Имано снова поднял руку,
и шум постепенно затих.
— Вся вина учителя заключается в том, что он сказал: «Японцы не будут воевать ни за интересы своих правителей, ни за интересы их заморских хозяев. Японцы будут бороться за мир!» И, как все честные люди, Сато требовал прекращения грабительской войны против корейского народа. И за это он оказался в тюрьме. Но Сато не один, а всех нас в тюрьму не загонишь! Мы требуем освобождения Сато! Мы будем бороться до тех пор, пока не добьемся его освобождения! Будем бороться до конца!.
Дзиро, сидевший на большой ветке клена, нагнулся к Масато:
— Слышал? Рабочие будут бороться за сенсея!
Он облизнул рассеченную губу и улыбнулся. Под глазом у него был большой синяк.
— Сенсея освободят непременно, — кивнул головой Масато. На его щеке красовалась большая царапина. — Если весь народ дунет — будет тайфун!
С соседнего дерева раздался голос Сигеру:
— Смотрите, около трибуны сидят на траве учителя Аоки и Танака и хлопают в ладоши...
Сигеру взмахнул рукой и чуть не сорвался с дерева.

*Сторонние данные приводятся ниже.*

#![tactic(auto)]
// A store of bit rows over lent words that keeps its bits.
mod plain;

pub use plain::PlainRows;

— Только сплоченностью мы можем добиться своего! — Имано потряс сжатым кулаком. — Мы не одиноки в нашей борьбе за правду, справедливость и мир. Мы идем плечом к плечу со всеми простыми, честными людьми всего мира. Мы идем вместе с великими народами Советского Союза и свободного Китая...
Последние слова Имано были заглушены аплодисментами и криками:
— Советскому Союзу банзай!
— Народному Китаю банзай!
Когда Имано закончил свою речь, у трибуны появился владелец магазина «Дом журавля и черепахи» Фудзита и, опираясь на трость, осторожно взобрался на бочонок.
— Я не сомневаюсь, господа, — заговорил он тоненьким, дребезжащим голоском, кивнув подбородком в сторону Имано, — что этот человек умышленно ничего не сказал о нашем императоре и правительстве, потому что Имано — красный, и вся его речь — это коммунистическая пропаганда. Красные подрывают основы нашего государства и хотят поссорить нас с Америкой, которая помогает нам...
— Тебе помогает толстеть, а не нам! — крикнул сидевший около бочонка пожилой рабочий и сплюнул.